It is clear from the revenue statistics that the trend of growth in this industry has continued and the industry has crossed 18,000 crore or $4 billion in dollar terms, posting a 21 percent growth over previous year’s revenues of over 14,000 crore (approx $3 billion).
However, despite the expectations, the industry has not touched $5 billion yet – perhaps the after effects of the severe recession in 2008 are still being felt globally.
The Southern-Western Leadership
The southern region of India is slightly ahead of the western region in terms of total share of revenues, however, the south comfortably leads in the number of firms (172 vs 137). Bangalore and Hyderabad are leading the way and the recent announcement of building a cluster and incubator in Bangalore will help maintain the leadership of this region. The north cluster follows at the third spot but hopefully new clusters, especially in the NCR, will help close the gap in the future. What is revealing is, that despite possessing huge bio-resources and many leading institutions, the eastern part of India is lagging in terms of proper biotech enterprises. The states of Bihar, West Bengal, Orissa, Assam and the North East need a focused strategy to seed biotech enterprises.
There are now 362 firms in India that are focussed on some aspects of biotechnology. This is an important indicator. The vibrancy of a knowledge intensive and highly regulated industry such as biotech depends on the number of new start-up firms that are establishing and injecting fresh business ideas, solutions, and products built on innovation. What do we need to have in policy terms to say that India can treble the number of innovative biotech firms in the next five years to cross the one thousand mark? How do we make the biotech landscape investor friendly and ease the burden of establishing and operating start-ups? Indeed for the sector to grow even further several concomitant factors have to be addressed:
Streamlining Regulation: Regulation that enables innovation is the key. ABLE facilitated, as “Knowledge Partner” a regulatory session at Bangalore INDIA BIO last month. What became clear from discussions there as well as from all other forums is, that Industry will like to have a scientific evidence-based, clear and non-ambiguous, streamlined and transparent regulatory mechanism where procedural delays are minimized and technical considerations are dealt with by expert committees that are not created on an ad-hoc basis.
For India to achieve a leadership position in biotechnology, this is foremost in all sectors of biotechnology, i.e., biopharma (including diagnostics & devices), agri-biotech and industrial biotech including food & nutrition. Indeed, it goes without saying that investor confidence is directly linked to a clear and streamlined regulatory landscape.
The Future Ahead
Indian biotechnology industry is showing signs of consistent and mature growth in the 20 percent range. It has done well despite the global recession. Indian biotech firms are globalizing and strategically partnering with other firms – the Pfizer-Biocon and Glenmark-Sanofi deals are indicators of the kinds of new partnerships to emerge.

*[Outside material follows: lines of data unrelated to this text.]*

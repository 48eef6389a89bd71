//! Devices that remember whether one of their calls has failed or has found the end.

ghost use Rattle.std.specs.Prelude.{◌≡◌, ◌<◌, ℕ, List, length, Option, Bool, true, false, IsTrue};
ghost use Rattle.std.specs.Io.{ReadsAtMost, WritesAtMost};
ghost use Rattle.std.specs.Io.KnownBytes.{IsAtEnd, ReadConsumes, WriteAppends};
ghost use Rattle.hp_report.specs.Device.{read_fails, read_ends, write_fails};

use std::io;

/// What bytes are read from.
///
/// After a read that failed or found the end, no read may follow. So no caller can retry it, miss that it failed, or
/// wait for more.
/// [`Watched`](crate::Watched) makes a source of each of std's readers.
pub trait Source {
    /// The bytes that reads will give from here to the end, where they are known.
    ghost remaining: { Self → Option (List ℕ) };

    /// Whether a read has returned an `Err`.
    ghost has_failed: { Self → Bool };

    /// Whether a read has found the end.
    ghost has_ended: { Self → Bool };

    /// Reads into the front of `buf`, as std's `Read::read` does, and returns how many bytes it read.
    /// `Ok(0)` for a `buf` that isn't empty means the end of the source. On `Err` nothing was read.
    fn read(&mut self, buf: &mut [u8]) -> io::Result<usize>
        requires failure { has_failed self.old ≡ false }
        requires end { has_ended self.old ≡ false }
        ensures bound { ReadsAtMost result buf.new }
        ensures bytes { ReadConsumes (remaining self.old) (remaining self.new) result buf.new }
        ensures failure { has_failed self.new ≡ read_fails result }
        ensures end { has_ended self.new ≡ read_ends result buf.new };

    /// Whether a read has returned an `Err`.
    fn failed(&self) -> bool
        ensures { result ≡ has_failed self.now };

    /// Whether a read has found the end. Then no byte is left.
    fn ended(&self) -> bool
        ensures end { result ≡ has_ended self.now }
        ensures none { IsTrue result → IsAtEnd (remaining self.now) };
}

/// What bytes are written to.
///
/// After a write that failed, no write may follow. So no caller can retry it or miss that it failed. No write is of
/// nothing.
/// [`Watched`](crate::Watched) makes a sink of each of std's writers.
pub trait Sink {
    /// The bytes that the sink has taken, where they are known.
    ghost contents: { Self → Option (List ℕ) };

    /// Whether a write has returned an `Err`, or has taken nothing of a `buf` that isn't empty.
    ghost has_failed: { Self → Bool };

    /// Writes bytes from the front of `buf`, as std's `Write::write` does, and returns how many it took.
    /// On `Err` nothing was written.
    fn write(&mut self, buf: &[u8]) -> io::Result<usize>
        requires failure { has_failed self.old ≡ false }
        requires full { 0 < length buf.now }
        ensures bound { WritesAtMost result buf.now }
        ensures bytes { WriteAppends (contents self.old) (contents self.new) result buf.now }
        ensures failure { has_failed self.new ≡ write_fails result buf.now };

    /// Whether a write has returned an `Err`, or has taken nothing of a `buf` that isn't empty.
    fn failed(&self) -> bool
        ensures { result ≡ has_failed self.now };
}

It is clear that vaccines, diagnostics and devices along with biosimilars will be key growth areas in biopharma. The agri-biotech sector is poised to grow – especially, the seed business in the area of new hybrids. Regulatory clarity in both biopharma/healthcare & agribiotech will be crucial for the future. There is a perceptible dynamism in systems biology (or BioIT) firms that are building predictive models, both disease and organ models, and enabling drug discovery research.
The growth potential of BioIT firms in India built on India’s strengths in IT and biology remains high. The CRO industry has become highly competitive and many CROs now have to show unique differentiation other than cost arbitrage. Many CROs have chosen to follow a risk-sharing model for growth to transition themselves into drug discovery firms. While this transition might take years it is a positive trend for the industry.